_Records for this exercise_
• • • • •
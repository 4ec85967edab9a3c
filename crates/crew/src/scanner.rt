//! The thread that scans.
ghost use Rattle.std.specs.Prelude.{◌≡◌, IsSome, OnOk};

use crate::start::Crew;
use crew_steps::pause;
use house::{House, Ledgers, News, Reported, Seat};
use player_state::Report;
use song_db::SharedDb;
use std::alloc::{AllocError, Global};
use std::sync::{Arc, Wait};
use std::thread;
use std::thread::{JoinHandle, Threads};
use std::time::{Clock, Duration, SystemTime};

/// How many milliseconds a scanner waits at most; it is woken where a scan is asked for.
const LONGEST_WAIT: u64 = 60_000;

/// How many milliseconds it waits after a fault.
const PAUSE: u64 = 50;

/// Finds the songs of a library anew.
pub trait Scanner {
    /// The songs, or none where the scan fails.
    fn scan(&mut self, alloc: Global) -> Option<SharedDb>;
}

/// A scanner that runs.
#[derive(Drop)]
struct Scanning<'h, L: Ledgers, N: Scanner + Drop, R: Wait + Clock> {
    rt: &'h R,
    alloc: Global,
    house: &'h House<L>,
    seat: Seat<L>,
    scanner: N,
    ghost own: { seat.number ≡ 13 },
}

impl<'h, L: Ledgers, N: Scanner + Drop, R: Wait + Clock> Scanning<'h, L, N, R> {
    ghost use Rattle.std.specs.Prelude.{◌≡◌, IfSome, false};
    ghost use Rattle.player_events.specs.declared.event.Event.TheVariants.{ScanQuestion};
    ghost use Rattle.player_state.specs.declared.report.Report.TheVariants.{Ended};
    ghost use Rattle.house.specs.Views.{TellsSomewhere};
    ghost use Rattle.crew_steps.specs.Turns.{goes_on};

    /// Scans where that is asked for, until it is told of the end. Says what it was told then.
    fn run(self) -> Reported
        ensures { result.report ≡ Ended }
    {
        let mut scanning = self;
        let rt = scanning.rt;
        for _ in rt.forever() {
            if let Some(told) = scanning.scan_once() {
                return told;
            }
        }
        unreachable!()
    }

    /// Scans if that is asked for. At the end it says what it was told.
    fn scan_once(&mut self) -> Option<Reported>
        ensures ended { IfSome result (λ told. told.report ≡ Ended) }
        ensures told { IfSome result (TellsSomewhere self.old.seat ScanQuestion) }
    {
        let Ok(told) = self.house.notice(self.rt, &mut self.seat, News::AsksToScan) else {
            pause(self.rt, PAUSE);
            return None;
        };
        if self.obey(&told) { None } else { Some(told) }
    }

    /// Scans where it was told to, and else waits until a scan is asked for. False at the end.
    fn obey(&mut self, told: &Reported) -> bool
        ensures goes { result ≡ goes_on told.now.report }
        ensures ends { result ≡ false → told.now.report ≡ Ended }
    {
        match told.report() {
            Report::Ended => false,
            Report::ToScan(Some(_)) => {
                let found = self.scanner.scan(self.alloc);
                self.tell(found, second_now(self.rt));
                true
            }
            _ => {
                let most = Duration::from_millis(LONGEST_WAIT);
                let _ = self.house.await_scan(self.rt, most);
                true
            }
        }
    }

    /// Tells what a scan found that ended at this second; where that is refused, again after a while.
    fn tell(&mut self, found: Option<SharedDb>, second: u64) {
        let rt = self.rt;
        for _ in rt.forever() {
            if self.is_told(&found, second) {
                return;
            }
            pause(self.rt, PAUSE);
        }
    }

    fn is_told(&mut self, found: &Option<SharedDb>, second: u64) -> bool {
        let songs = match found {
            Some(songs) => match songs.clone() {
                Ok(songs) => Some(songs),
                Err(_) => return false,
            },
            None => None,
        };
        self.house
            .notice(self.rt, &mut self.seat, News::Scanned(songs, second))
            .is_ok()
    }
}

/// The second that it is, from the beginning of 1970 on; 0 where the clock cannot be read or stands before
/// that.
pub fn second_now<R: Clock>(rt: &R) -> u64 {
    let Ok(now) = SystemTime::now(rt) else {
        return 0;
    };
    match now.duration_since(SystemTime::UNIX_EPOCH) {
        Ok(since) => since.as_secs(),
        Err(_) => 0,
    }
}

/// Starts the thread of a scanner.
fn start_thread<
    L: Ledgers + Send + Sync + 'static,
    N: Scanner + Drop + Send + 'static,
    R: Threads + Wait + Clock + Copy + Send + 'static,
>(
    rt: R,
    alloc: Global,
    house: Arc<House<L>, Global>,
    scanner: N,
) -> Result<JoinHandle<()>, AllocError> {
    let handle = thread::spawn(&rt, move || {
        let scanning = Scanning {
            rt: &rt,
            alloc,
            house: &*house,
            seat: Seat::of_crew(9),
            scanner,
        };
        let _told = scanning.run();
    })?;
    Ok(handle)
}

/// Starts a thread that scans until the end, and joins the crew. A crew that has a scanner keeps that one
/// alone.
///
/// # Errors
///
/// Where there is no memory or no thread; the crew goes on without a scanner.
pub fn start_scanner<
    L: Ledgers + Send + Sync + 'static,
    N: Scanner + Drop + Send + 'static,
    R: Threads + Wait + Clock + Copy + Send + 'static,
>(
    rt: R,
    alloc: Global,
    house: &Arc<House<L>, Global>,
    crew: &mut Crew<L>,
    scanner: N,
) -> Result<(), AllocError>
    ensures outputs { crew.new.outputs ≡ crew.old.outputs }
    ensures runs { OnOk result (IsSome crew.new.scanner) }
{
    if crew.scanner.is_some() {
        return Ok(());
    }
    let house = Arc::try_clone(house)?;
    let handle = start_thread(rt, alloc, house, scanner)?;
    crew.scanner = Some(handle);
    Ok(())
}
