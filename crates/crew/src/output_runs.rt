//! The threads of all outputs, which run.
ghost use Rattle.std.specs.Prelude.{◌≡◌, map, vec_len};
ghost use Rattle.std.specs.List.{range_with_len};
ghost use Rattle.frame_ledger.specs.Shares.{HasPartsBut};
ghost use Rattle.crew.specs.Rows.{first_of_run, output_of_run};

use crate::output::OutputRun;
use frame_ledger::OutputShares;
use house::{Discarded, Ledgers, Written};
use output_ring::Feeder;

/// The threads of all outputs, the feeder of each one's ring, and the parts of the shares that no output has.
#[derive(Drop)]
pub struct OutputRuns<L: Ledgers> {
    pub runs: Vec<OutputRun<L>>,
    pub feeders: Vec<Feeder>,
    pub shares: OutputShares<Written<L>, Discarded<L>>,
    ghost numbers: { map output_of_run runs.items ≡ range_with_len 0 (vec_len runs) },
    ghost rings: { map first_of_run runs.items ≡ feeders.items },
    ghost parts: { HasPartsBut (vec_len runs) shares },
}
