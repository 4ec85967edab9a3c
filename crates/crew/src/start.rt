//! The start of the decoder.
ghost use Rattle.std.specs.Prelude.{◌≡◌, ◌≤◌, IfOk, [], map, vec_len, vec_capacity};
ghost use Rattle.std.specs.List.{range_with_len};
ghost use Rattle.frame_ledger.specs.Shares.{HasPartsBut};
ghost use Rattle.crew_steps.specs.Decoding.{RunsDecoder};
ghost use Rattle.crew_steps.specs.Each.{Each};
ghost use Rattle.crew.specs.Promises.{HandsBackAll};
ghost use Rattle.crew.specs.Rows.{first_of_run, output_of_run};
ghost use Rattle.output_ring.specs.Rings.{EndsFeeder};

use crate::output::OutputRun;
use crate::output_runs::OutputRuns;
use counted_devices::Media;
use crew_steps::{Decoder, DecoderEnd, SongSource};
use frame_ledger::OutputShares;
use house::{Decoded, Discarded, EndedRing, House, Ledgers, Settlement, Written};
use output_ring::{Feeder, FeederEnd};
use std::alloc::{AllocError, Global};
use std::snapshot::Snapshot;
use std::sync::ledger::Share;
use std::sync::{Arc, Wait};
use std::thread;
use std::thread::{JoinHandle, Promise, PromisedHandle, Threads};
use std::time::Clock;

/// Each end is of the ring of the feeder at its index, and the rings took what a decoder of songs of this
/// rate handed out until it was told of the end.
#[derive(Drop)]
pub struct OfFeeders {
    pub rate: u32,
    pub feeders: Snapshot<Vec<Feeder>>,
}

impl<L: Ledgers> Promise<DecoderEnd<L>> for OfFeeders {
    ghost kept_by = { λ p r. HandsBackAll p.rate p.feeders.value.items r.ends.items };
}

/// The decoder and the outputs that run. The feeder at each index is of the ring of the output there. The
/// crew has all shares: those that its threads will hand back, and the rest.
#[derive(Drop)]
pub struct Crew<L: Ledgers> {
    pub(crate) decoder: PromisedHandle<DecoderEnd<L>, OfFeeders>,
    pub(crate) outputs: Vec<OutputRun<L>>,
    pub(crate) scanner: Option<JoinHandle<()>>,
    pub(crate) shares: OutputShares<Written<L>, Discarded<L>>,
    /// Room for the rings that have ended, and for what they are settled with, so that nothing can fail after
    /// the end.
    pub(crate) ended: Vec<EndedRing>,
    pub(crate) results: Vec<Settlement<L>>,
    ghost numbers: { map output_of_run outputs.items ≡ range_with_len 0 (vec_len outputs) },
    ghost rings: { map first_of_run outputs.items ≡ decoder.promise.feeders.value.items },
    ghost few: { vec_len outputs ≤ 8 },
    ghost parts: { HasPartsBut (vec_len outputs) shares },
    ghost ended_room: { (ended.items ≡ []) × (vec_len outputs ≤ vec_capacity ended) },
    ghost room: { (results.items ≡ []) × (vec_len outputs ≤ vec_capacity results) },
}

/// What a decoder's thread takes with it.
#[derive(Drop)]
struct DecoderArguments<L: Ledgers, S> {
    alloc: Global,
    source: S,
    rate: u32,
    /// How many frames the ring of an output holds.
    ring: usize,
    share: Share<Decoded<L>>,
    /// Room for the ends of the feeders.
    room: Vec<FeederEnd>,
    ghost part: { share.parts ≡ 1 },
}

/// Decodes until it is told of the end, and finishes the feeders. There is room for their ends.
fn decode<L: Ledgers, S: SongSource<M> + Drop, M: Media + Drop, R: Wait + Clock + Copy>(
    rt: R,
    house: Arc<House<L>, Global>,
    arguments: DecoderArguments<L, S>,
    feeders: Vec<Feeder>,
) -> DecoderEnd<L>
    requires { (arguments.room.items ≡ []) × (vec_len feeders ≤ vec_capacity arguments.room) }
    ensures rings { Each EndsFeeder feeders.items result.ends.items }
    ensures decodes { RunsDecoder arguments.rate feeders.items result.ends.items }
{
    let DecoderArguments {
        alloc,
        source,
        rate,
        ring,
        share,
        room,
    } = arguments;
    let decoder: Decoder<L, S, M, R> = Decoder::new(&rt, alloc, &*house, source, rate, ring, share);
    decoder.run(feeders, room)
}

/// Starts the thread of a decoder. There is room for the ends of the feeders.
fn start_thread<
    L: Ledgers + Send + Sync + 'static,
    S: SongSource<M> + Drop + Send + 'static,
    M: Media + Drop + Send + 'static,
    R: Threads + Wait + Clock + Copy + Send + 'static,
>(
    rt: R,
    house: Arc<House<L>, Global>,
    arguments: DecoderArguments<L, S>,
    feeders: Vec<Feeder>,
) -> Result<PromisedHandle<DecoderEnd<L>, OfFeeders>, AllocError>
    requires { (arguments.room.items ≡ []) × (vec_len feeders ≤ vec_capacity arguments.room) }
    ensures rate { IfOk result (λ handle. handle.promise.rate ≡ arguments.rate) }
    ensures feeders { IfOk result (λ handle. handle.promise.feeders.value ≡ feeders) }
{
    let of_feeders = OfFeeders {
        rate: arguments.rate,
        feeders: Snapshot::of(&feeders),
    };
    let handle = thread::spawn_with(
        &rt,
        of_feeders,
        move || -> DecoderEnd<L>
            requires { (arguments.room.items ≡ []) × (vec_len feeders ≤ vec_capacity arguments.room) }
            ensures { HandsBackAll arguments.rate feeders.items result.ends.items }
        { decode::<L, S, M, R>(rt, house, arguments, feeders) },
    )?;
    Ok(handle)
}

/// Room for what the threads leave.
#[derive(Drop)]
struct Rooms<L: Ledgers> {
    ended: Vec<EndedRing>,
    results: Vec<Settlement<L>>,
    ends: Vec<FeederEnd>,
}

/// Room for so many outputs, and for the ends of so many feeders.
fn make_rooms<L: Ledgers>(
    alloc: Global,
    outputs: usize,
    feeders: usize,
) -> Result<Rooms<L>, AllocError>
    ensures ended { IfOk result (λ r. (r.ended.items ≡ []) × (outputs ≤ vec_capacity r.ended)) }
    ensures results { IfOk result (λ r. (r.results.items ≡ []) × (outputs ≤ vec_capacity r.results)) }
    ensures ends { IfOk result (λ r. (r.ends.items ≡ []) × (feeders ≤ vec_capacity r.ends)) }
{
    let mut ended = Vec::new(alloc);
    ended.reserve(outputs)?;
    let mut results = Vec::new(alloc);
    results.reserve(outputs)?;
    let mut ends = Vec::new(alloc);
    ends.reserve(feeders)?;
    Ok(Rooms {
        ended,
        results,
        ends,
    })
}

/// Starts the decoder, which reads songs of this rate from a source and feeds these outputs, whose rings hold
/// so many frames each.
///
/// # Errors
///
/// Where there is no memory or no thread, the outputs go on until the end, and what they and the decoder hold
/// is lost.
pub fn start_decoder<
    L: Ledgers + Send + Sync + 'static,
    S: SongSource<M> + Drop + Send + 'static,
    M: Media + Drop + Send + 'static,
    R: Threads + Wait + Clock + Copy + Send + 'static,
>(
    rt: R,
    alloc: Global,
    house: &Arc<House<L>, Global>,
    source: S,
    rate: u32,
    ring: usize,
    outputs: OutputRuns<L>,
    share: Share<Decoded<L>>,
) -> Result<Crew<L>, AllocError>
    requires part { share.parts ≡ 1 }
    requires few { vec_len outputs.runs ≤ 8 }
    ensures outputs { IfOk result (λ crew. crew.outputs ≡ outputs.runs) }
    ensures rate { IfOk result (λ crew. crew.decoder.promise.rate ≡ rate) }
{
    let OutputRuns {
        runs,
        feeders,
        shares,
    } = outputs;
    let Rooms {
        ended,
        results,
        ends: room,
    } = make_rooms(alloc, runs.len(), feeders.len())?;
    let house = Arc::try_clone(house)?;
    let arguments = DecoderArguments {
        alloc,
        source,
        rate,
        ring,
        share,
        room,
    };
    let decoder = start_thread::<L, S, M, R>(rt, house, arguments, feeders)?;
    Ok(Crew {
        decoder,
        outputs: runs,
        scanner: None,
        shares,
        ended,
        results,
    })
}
• • • • •
_Exercise_
Starting from the top of the records and ending at the line that contains "return None;", repeat each line exactly and return only those lines.

_Exercise answer_
repository 4ec85967edab9a3c
filename crates/crew/src/scanner.rt
//! The thread that scans.
ghost use Rattle.std.specs.Prelude.{◌≡◌, IsSome, OnOk};

use crate::start::Crew;
use crew_steps::pause;
use house::{House, Ledgers, News, Reported, Seat};
use player_state::Report;
use song_db::SharedDb;
use std::alloc::{AllocError, Global};
use std::sync::{Arc, Wait};
use std::thread;
use std::thread::{JoinHandle, Threads};
use std::time::{Clock, Duration, SystemTime};

/// How many milliseconds a scanner waits at most; it is woken where a scan is asked for.
const LONGEST_WAIT: u64 = 60_000;

/// How many milliseconds it waits after a fault.
const PAUSE: u64 = 50;

/// Finds the songs of a library anew.
pub trait Scanner {
    /// The songs, or none where the scan fails.
    fn scan(&mut self, alloc: Global) -> Option<SharedDb>;
}

/// A scanner that runs.
#[derive(Drop)]
struct Scanning<'h, L: Ledgers, N: Scanner + Drop, R: Wait + Clock> {
    rt: &'h R,
    alloc: Global,
    house: &'h House<L>,
    seat: Seat<L>,
    scanner: N,
    ghost own: { seat.number ≡ 13 },
}

impl<'h, L: Ledgers, N: Scanner + Drop, R: Wait + Clock> Scanning<'h, L, N, R> {
    ghost use Rattle.std.specs.Prelude.{◌≡◌, IfSome, false};
    ghost use Rattle.player_events.specs.declared.event.Event.TheVariants.{ScanQuestion};
    ghost use Rattle.player_state.specs.declared.report.Report.TheVariants.{Ended};
    ghost use Rattle.house.specs.Views.{TellsSomewhere};
    ghost use Rattle.crew_steps.specs.Turns.{goes_on};

    /// Scans where that is asked for, until it is told of the end. Says what it was told then.
    fn run(self) -> Reported
        ensures { result.report ≡ Ended }
    {
        let mut scanning = self;
        let rt = scanning.rt;
        for _ in rt.forever() {
            if let Some(told) = scanning.scan_once() {
                return told;
            }
        }
        unreachable!()
    }

    /// Scans if that is asked for. At the end it says what it was told.
    fn scan_once(&mut self) -> Option<Reported>
        ensures ended { IfSome result (λ told. told.report ≡ Ended) }
        ensures told { IfSome result (TellsSomewhere self.old.seat ScanQuestion) }
    {
        let Ok(told) = self.house.notice(self.rt, &mut self.seat, News::AsksToScan) else {
            pause(self.rt, PAUSE);
            return None;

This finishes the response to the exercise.